Nearly half don’t have qualified staff to execute against HITRUST CSF provisions
Two-thirds of business associates are not fully prepared to meet the growing marketplace demands regarding controls for protecting healthcare information, such as patient records, according to a survey conducted by KPMG, the “big four” audit, tax and advisory firm.
“An increasing number of healthcare organizations are requiring their vendors to demonstrate controls for securing PHI (protected health information) to manage their cyber and regulatory risks, especially since healthcare information is a rich target for hackers,” said Emily Frolick, third-party risk and assurance leader for KPMG’s Healthcare practice. “These vendors are able to accomplish this through a SOC 2® + HITRUST CSF examination or a HITRUST CSF Certification, both of which enable vendors to communicate their good faith effort to protect patient information.”
“Neither is mandatory under current law, but the marketplace wants to reduce risks tied to cybersecurity with third-party assurances concerning their data protection efforts,” Frolick added.
In a survey of 604 professionals during a KPMG webcast targeting vendors to the healthcare industry, half of those surveyed were “not ready” and 17.4 percent were in planning stages for a HITRUST (the Health Information Trust Alliance) CSF assessment – an internal control-based approach that allows organizations to proactively assess and demonstrate the measures they have taken to protect healthcare information.
The HITRUST CSF is a privacy and security framework for organizations who create, maintain, transmit or receive PHI to assess the level of readiness and soundness of their control environment. The framework, in conjunction with SOC 2, a report to examine controls at a service organization developed by the American Institute of Certified Public Accountants (AICPA), is also used by third-party assessors, such as KPMG, to review security controls.
KPMG, which is a HITRUST Qualified CSF Assessor, assists organizations across the security and information protection lifecycle from strategy through execution. The firm also assists organizations to rationalize healthcare-relevant regulations and standards pertaining to information protection.
Regarding the progress that organizations have made to address HITRUST CSF requirements, only 7 percent said they are completely ready and 8 percent described their organization as “well along implementation.” The remainder (17.4 percent) were in early stages of implementation.

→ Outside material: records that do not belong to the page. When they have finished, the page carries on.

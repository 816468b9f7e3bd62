//! Certificates are given only if their text is accepted.
ghost use Rattle.std.specs.Prelude.{◌≡◌, ◌≤◌, true, length, [], IfOk};
ghost use Rattle.lc_base.specs.NameText.{is_name};
ghost use Rattle.lc_base.specs.Limits.{name_limit};
ghost use Rattle.lc_outline.specs.DevelopmentView.{development_view};
ghost use Rattle.lc_cert.specs.EntryView.{entries_of};
ghost use Rattle.lc_cert.specs.Files.{Certifies};
ghost use Rattle.lc_cert.specs.Printed.{certificate_line};
ghost use Rattle.lc_check.specs.Walking.{ProveInTurn};
ghost use Rattle.lc_cond.specs.Conditions.{conditions};
ghost use Rattle.lc_find.specs.Found.{IsReadBack, IsGivenBack};

use crate::fault::FindFault;
use crate::limits::number_beyond;
use lc_base::{Fault, OutOfMemory};
use lc_cert::laws::printed_certificates_read_back;
use lc_cert::{Certificate, Entry, certificate_text};
use lc_check::proven_count;
use lc_outline::Development;
use std::alloc::Global;

/// If a development has no conditions, the certificate without proofs is accepted.
fn an_empty_certificate_reads_back(development: &Development)
    ensures { let D = development_view development.now in Certifies D (certificate_line D []) [] }
{
    printed_certificates_read_back();
    let _name = object_name(development);
}

/// The name of the object.
fn object_name(development: &Development) -> &str
    ensures text { result.now ≡ (development_view development.now).object.name }
    ensures name { is_name result.now ≡ true }
    ensures limit { length result.now ≤ name_limit }
{
    development.parts().object.parts().name.as_str()
}

/// Whether a text is a certificate that is accepted.
fn is_accepted(alloc: Global, development: &Development, text: &[u8]) -> Result<bool, OutOfMemory>
    ensures { IfOk result (IsReadBack (development_view development.now) text.now) }
{
    match proven_count(alloc, development, text) {
        Ok(_) => Ok(true),
        Err(Fault::Refused(_)) => Ok(false),
        Err(Fault::OutOfMemory) => Err(OutOfMemory),
    }
}

/// The certificate of these proofs, which prove all conditions in turn, if its text is accepted. Of the text of found proofs
/// nothing is known before it is read: it may be too large or too deep.
pub(crate) fn read_back(
    alloc: Global,
    development: &Development,
    entries: Vec<Entry>,
) -> Result<Certificate, FindFault>
    requires { ProveInTurn 0 (entries_of entries.items) (conditions (development_view development.now)) }
    ensures { IsGivenBack (development_view development.now) (entries_of entries.items) result }
{
    let count = entries.len() as u64;
    let certificate = Certificate::of_entries(entries);
    if count == 0 {
        an_empty_certificate_reads_back(development);
        return Ok(certificate);
    }
    let text = certificate_text(alloc, development, &certificate)?;
    if is_accepted(alloc, development, &text)? {
        Ok(certificate)
    } else {
        Err(FindFault::Budget(number_beyond(&text, count)))
    }
}
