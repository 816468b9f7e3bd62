//! Proofs: what there is at a step, and proofs with other columns.
ghost use Rattle.std.specs.Prelude.{◌≡◌, ◌<◌, ◌+◌, ◌^◌, List, ℕ, IfOk};
ghost use Rattle.lc_kernel.specs.Proofs.{Proof as Steps, size};
ghost use Rattle.lc_kernel.specs.View.{proof_of};
ghost use Rattle.lc_carry.specs.RenamedProofs.{is_covered, renamed};
ghost use Rattle.lc_carry.specs.Renaming.{column_for};
ghost use Rattle.lc_proof_state.specs.Standing.{IsStanding, StandsGoal};
ghost use Rattle.lc_term.specs.Syntax as S;
ghost use Rattle.lc_term.specs.View.{formula_of, formulas_of};

use lc_base::{ColId, OutOfMemory};
use lc_carry::{is_covered, renamed};
use lc_kernel::Proof;
use lc_proof_state::{Standing, stands_at};
use lc_term::Formula;
use std::alloc::Global;

/// What is reported of a step are the variables and hypotheses there, and the part of the proof that begins with it.
pub fn finding_a_step<'a>(
    alloc: Global,
    variables: u32,
    hypotheses: &[Formula],
    goal: &Formula,
    proof: &'a Proof,
    step: u32,
) -> Result<Option<Standing<'a>>, OutOfMemory>
    requires { variables + size (proof_of proof.now) < 2 ^ 32 }
    ensures { IfOk result (λ found. (u : ℕ) (G : List S.Formula) (q : Steps) →
        StandsGoal variables (formulas_of hypotheses.now) (formula_of goal.now) (proof_of proof.entry.now) step u G q → IsStanding u G q found) }
{
    stands_at(alloc, variables, hypotheses, goal, proof, step)
}

/// It is reported exactly whether there is a column in place of each that a proof names.
pub fn covering(columns: &[Option<ColId>], proof: &Proof) -> bool
    ensures { result ≡ is_covered (column_for columns.now) (proof_of proof.now) }
{
    is_covered(columns, proof)
}

/// Each column of a proof is replaced by the one in its place.
pub fn renaming(
    alloc: Global,
    columns: &[Option<ColId>],
    proof: &Proof,
) -> Result<Proof, OutOfMemory>
    ensures { IfOk result (λ made. proof_of made ≡ renamed (column_for columns.now) (proof_of proof.now)) }
{
    renamed(alloc, columns, proof)
}
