//! The finder of certificates: what it finds is accepted.
#![tactic(auto)]

mod candidates;
mod carrying;
mod fault;
mod finding;
mod first_proofs;
mod limits;
mod progress;
mod reading_back;
mod taking;

pub use carrying::{carry, carry_with};
pub use fault::FindFault;
pub use finding::{find, find_with};
pub use lc_hints::{Hints, hints_of};
pub use lc_search::{Cause, CounterModel};
pub use progress::{Progress, Silent};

When asked about staffing capabilities to meet this standard, 47 percent responded that they did not have the “right staff with the right level of skills to execute against the HITRUST CSF.” The survey found 53 percent did. Respondents found that staffing (15 percent) was the biggest barrier to HITRUST CSF readiness, finishing ahead of cultural, technological, and financial concerns. More than a quarter (27 percent) pointed to all of those factors and 23 percent said “none of the above” were barriers.
KPMG compiled the survey results during a webcast, which was titled “Evolving Information Security Demands in Healthcare – SOC 2® + HITRUST” (click for replay), on Aug. 23, when HITRUST Chief Compliance Officer Ken Vander Wal and KPMG partners and professionals spoke about meeting healthcare organizations’ expectations and obtaining a SOC 2 attestation covering AICPA trust services principles and HITRUST CSF criteria.
Forrester Research listed KPMG as the top firm in cybersecurity in 2016. KPMG also developed and conducted audits and set criteria to comply with the Health Insurance Portability and Accountability Act (HIPAA), which governs information protection and privacy of patient data.
KPMG’s role as a HITRUST Qualified CSF Assessor looks at both risk and compliance requirements to address security, availability, and confidentiality control baselines for healthcare organizations. “It is critical that every organization move quickly to receive a third-party assessment for peace of mind and to show their business partners and stakeholders that they are safeguarding PHI,” said Michael Ebert, cyber leader for KPMG’s Healthcare Practice.
KPMG LLP, the audit, tax and advisory firm (www.kpmg.com/us), is the U.S. member firm of KPMG International Cooperative (“KPMG International”). KPMG International’s member firms have 174,000 professionals, including more than 9,000 partners, in 155 countries.